▶ [WHAT IS EXPECTED]:
Please restate, exactly as written, the lines running from the beginning of the material through the line that has "use crate::until::Until;" in it.

▶ [PROVIDED INFORMATION]:

//! A round: a device as it is made, all its callers in threads of their own, and what came of it.
ghost use Rattle.std.specs.Prelude.{◌≡◌, [], IfOk};
ghost use Rattle.history.specs.declared.caller.Caller.TheVariants.{Pump};
ghost use Rattle.irq_line.specs.Line.{AreSeatsOf};
ghost use Rattle.recorder.specs.Made.{AreSharesOf};

use crate::crew::{Crew, seat_all};
use crate::driver::{drive, set_up};
use crate::guest::Life;
use crate::until::Until;
use anyhow::{Result, anyhow};
use device::Device;
use device_lock::{LockedDevice, Recorded, Share, Shares};
use guest_memory::GuestMem;
use irq_line::{DeviceSeat, GuestSeat};
use std::alloc::Global;
use std::sync::ledger::{Blank, Ledger};
use std::sync::{Arc, Wait};
use std::thread::Threads;
use std::time::Clock;

/// What becomes of a history.
#[derive(Clone, Copy, Debug, PartialEq, Eq)]
pub enum Kind {
    /// It is folded as it fills.
    Fold,
    /// It is filled, and replayed on a fresh device.
    Fill,
}

/// How a round is done.
#[derive(Clone, Copy)]
pub struct Plan {
    /// What becomes of the history.
    pub kind: Kind,
    /// How many calls it keeps.
    pub cap: usize,
    /// When the round is over.
    pub until: Until,
    /// What chance begins with.
    pub seed: u64,
}

/// What a round is done on: a line, the seats of its guests, and the memories of two devices.
#[derive(Drop)]
pub struct Stage<M: GuestMem> {
    pub line: DeviceSeat,
    pub seats: Vec<GuestSeat>,
    pub live: Vec<M>,
    pub other: Vec<M>,
    pub ghost unused: { line.raises ≡ [] },
    pub ghost one: { AreSeatsOf line.line seats.items },
}

/// What came of a round.
#[derive(Clone, Copy, Default)]
pub struct Figures {
    /// What all guests did.
    pub life: Life,
    /// How many frames were sent from the wire.
    pub frames: u64,
    /// How often the history was folded.
    pub folds: u64,
    /// How many calls were folded away, and how many are kept.
    pub folded: u64,
    pub kept: u64,
    /// How many calls the shares tell: those of the ports together, the driver's, the pump's and the service's.
    pub told: [u64; 4],
    /// Whether a fresh device gave the kept answers.
    pub replays: bool,
}

// A recorded device with its shares, and a fresh one where it has no twin.
#[derive(Drop)]
struct Made<M: GuestMem, L: Ledger> {
    device: Arc<LockedDevice<M, L>>,
    shares: Shares<L>,
    fresh: Option<Device<M>>,
    ghost pump: { shares.pump.caller ≡ Pump },
    ghost left: { AreSharesOf shares.pump.line shares.ports.items },
}

// Makes the devices.
#[tactic(auto, using(recorder::proofs::LineLemmas::pump_line))]
fn make<M: GuestMem, L: Ledger>(
    alloc: Global,
    blank: Blank,
    line: DeviceSeat,
    live: Vec<M>,
    other: Vec<M>,
    plan: Plan,
) -> Result<Made<M, L>>
    requires blank { (blank.name ≡ L.name) × (blank.parts ≡ L.parts) × (blank.parts ≡ 67) }
    requires line { line.raises ≡ [] }
    ensures line { IfOk result (λ made. made.shares.pump.line ≡ line.line) }
{
    let live = Device::new(alloc, live)?;
    let other = Device::new(alloc, other)?;
    if plan.kind == Kind::Fold {
        let (recorded, shares) = Recorded::<M, L>::with_twin(
            alloc, blank, live, other, line, plan.cap,
        )?;
        behind_lock(alloc, recorded, shares, None)
    } else {
        let (recorded, shares) = Recorded::<M, L>::new(alloc, blank, live, line, plan.cap)?;
        behind_lock(alloc, recorded, shares, Some(other))
    }
}

// The recorded device behind its lock, with its shares and with the device that is to give the same answers, if there is one.
fn behind_lock<M: GuestMem, L: Ledger>(
    alloc: Global,
    recorded: Recorded<M, L>,
    shares: Shares<L>,
    fresh: Option<Device<M>>,
) -> Result<Made<M, L>>
    requires pump { shares.pump.caller ≡ Pump }
    requires left { AreSharesOf shares.pump.line shares.ports.items }
    ensures line { IfOk result (λ made. made.shares.pump.line ≡ shares.pump.line) }
{
    Ok(Made {
        device: LockedDevice::new(alloc, recorded)?,
        shares,
        fresh,
    })
}

/// Does a round.
pub fn round<
    M: GuestMem + Send + 'static,
    L: Ledger + Send + Sync + 'static,
    R: Threads + Wait + Clock + Copy + Send + 'static,
>(rt: R, alloc: Global, blank: Blank, stage: Stage<M>, plan: Plan) -> Result<Figures>
    requires { (blank.name ≡ L.name) × (blank.parts ≡ L.parts) × (blank.parts ≡ 67) }
{
    let Stage {
        line,
        seats,
        live,
        other,
    } = stage;
    let Made {
        device,
        mut shares,
        mut fresh,
    } = make::<M, L>(alloc, blank, line, live, other, plan)?;
    let guests = seat_all(alloc, &device, &mut shares, seats)?;
    let mut back = Vec::with_capacity(alloc, 67)?;
    shares.put_back(&mut back)?;
    if back.len() != 3 {
        return Err(anyhow!("a pool has no port"));
    }
    let (mut service, pump, mut pf) = (back.remove(2), back.remove(1), back.remove(0));
    set_up(&rt, &*device, &mut service);
    let mut crew = Crew::start(rt, alloc, &device, guests, pump, plan)?;
    let mut figures = Figures::default();
    figures.folds = drive(&rt, &*device, &mut pf, &mut service, plan);
    back.push(pf)?;
    back.push(service)?;
    crew.join(&rt, &mut back, &mut figures)?;
    figures.kept = device.kept(&rt) as u64;
    figures.folded = device.folded(&rt) as u64;
    if let Some(fresh) = &mut fresh {
        figures.replays = device.replays(&rt, fresh);
    }
    figures.told = told(&rt, &*device, back)?;
    Ok(figures)
}

// How many calls the shares tell.
fn told<M: GuestMem, L: Ledger, R: Wait>(
    rt: &R,
    device: &LockedDevice<M, L>,
    shares: Vec<Share<L>>,
) -> Result<[u64; 4]> {
    let Some(tally) = device.tally(rt, shares) else {
        return Err(anyhow!("a share is missing"));
    };
    let mut told = [0u64; 4];
    for (caller, count) in tally.entries.iter().enumerate() {
        let place = caller.saturating_sub(63);
        told[place] = told[place].wrapping_add(*count);
    }
    Ok(told)
}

▶ [WRITTEN REPLY]:
//! A round: a device as it is made, all its callers in threads of their own, and what came of it.
ghost use Rattle.std.specs.Prelude.{◌≡◌, [], IfOk};
ghost use Rattle.history.specs.declared.caller.Caller.TheVariants.{Pump};
ghost use Rattle.irq_line.specs.Line.{AreSeatsOf};
ghost use Rattle.recorder.specs.Made.{AreSharesOf};

use crate::crew::{Crew, seat_all};
use crate::driver::{drive, set_up};
use crate::guest::Life;
use crate::until::Until;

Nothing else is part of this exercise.